Così è partita la prevenzione personalizzata

MARCO TURBATI*

L’attività che la Cassa ha svolto negli anni ha sempre coniugato l’impegno in ambito assistenziale (fornendo un supporto economico per garantire le prestazioni sanitarie di diagnosi, cura e riabilitazione) con iniziative di prevenzione. Le attività di prevenzione sino ad oggi sviluppate sono sempre state, al pari di quanto diffusamente offerto, tese a garantire una diagnosi precoce mirata all’individuazione di specifiche patologie secondo “pacchetti” predefiniti che miravano a individuare alterazioni specifiche di un organo o un apparato. Oggi, in linea con quanto fortemente raccomandato dai principali organismi scientifici internazionali e già presente in varie nazioni, il consiglio di amministrazione ha deciso di varare un progetto sperimentale con un nuovo modello di intervento: la prevenzione personalizzata partita dal 1° di ottobre.

Il progetto in corso è di tipo sperimentale, la durata è variabile fino al raggiungimento di un numero sufficiente, statisticamente valido, ai fini di individuare il modello migliore non solo ai fini clinici ma anche di sostenibilità economica.
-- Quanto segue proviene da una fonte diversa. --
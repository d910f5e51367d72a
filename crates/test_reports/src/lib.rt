// Tests of the lines of events, of explained reports, of reports in which errors are excused, of reports of states and of
// random schedules, and of reports as terms.
#![tactic(auto)]

#[cfg(test)]
mod excused;
#[cfg(test)]
mod explained;
#[cfg(test)]
mod samples;
#[cfg(test)]
mod states;
#[cfg(test)]
mod terms;
#[cfg(test)]
mod terms_sample;
#[cfg(test)]
mod transcript;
La sperimentazione prevede un minimo di tremila accessi eseguiti.

L’analisi dei risultati verrà eseguita, oltre che dagli esperti in QuAS., dai ricercatori dell’Università statale di Napoli “Federico II”, cattedra di Igiene e Medicina Preventiva, e dalla cattedra di Matematica Attuariale dell’Università di Cagliari.

Si ribadisce che trattasi di sperimentazione volta a ricercare un modello fruibile in seguito da tutti gli associati, con l’immissione nel Nomenclatore Tariffario e che, in questa fase, è offerta solo a coloro che volontaristicamente vogliono partecipare, fino al raggiungimento del numero minimo, e che siano vicini ai Centri pilota scelti per la sperimentazione.

Ed ecco alcune note informative sullo svolgimento della sperimentazione. In aggiunta agli attuali pacchetti di prevenzione focalizzati, questa nuova modalità di intervento si basa su una attività di diagnosi “guidata” da un medico responsabile, operante presso un centro polispecialistico individuato dalla QuAS.

Tale specialista, basandosi su una attenta analisi familiare e personale, una completa valutazione clinica e una serie iniziale di esami, predisporrà per ogni partecipante un protocollo personalizzato che, nel caso di evidenza di particolari livelli di rischio/sospette alterazioni, verrà integrato da ulteriori esami, tesi a giungere a una rassicurazione sullo stato di salute.

L’intera fase, che verrà svolta presso i centri clinici che hanno aderito all’iniziativa, sarà senza alcun carico economico per il partecipante poiché sarà QuAs a sostenere tutti i costi.

Nel caso di evidenza di sospette patologie, il medico referente stilerà una sintesi per il medico curante di fiducia che, in base a tali indicazioni, potrà prescrivere gli ulteriori esami, finalizzati alla conclusione dell’intero processo diagnostico.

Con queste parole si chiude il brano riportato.